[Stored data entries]
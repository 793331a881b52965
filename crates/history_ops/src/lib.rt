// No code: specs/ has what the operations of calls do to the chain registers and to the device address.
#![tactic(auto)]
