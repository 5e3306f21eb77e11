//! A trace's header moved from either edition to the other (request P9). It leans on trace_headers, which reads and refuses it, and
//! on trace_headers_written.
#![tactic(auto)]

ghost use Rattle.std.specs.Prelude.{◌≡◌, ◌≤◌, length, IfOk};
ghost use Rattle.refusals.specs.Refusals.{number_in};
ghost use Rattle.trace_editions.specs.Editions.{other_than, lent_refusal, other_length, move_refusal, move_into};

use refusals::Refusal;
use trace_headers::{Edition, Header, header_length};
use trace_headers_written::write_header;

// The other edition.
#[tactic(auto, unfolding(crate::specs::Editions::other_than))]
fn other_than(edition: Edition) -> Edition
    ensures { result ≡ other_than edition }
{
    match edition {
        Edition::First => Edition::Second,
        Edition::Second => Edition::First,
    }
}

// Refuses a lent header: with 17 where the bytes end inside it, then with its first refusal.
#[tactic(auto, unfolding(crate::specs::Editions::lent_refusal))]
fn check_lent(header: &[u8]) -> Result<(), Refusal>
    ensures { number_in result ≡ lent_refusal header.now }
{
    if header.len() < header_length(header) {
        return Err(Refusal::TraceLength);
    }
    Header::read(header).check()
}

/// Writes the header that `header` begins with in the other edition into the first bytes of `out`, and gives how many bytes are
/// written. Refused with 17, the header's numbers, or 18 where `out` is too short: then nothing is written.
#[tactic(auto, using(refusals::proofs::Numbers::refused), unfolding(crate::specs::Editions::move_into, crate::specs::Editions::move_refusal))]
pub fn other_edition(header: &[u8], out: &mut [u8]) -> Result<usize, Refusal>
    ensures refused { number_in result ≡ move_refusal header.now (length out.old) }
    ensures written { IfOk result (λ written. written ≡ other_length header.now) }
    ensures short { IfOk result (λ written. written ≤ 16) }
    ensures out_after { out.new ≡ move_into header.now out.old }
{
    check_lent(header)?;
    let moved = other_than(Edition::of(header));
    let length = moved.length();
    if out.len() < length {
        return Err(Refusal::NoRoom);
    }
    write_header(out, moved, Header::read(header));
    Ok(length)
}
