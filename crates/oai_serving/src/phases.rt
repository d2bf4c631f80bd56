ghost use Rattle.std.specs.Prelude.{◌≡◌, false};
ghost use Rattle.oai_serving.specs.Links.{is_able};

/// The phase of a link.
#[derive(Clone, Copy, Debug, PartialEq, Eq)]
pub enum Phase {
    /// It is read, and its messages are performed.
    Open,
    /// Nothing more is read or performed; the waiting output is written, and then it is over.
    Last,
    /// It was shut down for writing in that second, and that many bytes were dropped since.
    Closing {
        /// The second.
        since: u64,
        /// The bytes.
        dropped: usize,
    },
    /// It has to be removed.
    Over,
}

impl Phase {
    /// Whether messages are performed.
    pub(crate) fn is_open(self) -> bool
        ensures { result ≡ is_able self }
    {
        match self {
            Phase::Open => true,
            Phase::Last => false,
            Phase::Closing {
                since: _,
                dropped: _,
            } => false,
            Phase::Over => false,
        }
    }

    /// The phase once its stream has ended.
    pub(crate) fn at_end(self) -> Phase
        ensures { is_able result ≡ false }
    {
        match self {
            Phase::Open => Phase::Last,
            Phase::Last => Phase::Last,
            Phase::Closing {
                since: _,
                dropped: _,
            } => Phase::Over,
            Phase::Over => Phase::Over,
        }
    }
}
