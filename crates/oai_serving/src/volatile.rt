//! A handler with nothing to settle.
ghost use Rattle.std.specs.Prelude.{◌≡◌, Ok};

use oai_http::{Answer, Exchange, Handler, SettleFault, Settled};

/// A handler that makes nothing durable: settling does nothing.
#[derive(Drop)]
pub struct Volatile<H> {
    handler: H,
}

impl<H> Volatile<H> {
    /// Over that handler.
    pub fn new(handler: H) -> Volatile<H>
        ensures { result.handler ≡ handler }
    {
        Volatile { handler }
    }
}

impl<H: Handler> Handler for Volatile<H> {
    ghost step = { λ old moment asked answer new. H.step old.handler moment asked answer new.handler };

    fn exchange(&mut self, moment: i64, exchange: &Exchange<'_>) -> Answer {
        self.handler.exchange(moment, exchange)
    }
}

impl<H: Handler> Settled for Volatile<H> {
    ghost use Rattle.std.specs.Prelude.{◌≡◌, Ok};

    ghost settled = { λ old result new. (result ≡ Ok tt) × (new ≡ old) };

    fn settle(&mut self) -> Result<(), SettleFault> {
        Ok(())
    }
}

▶ [Exercise instructions] Every line above that holds the string "false" should be returned.

▶ [Solution to this task]
ghost use Rattle.std.specs.Prelude.{◌≡◌, false};
            Phase::Last => false,
            } => false,
            Phase::Over => false,
        ensures { is_able result ≡ false }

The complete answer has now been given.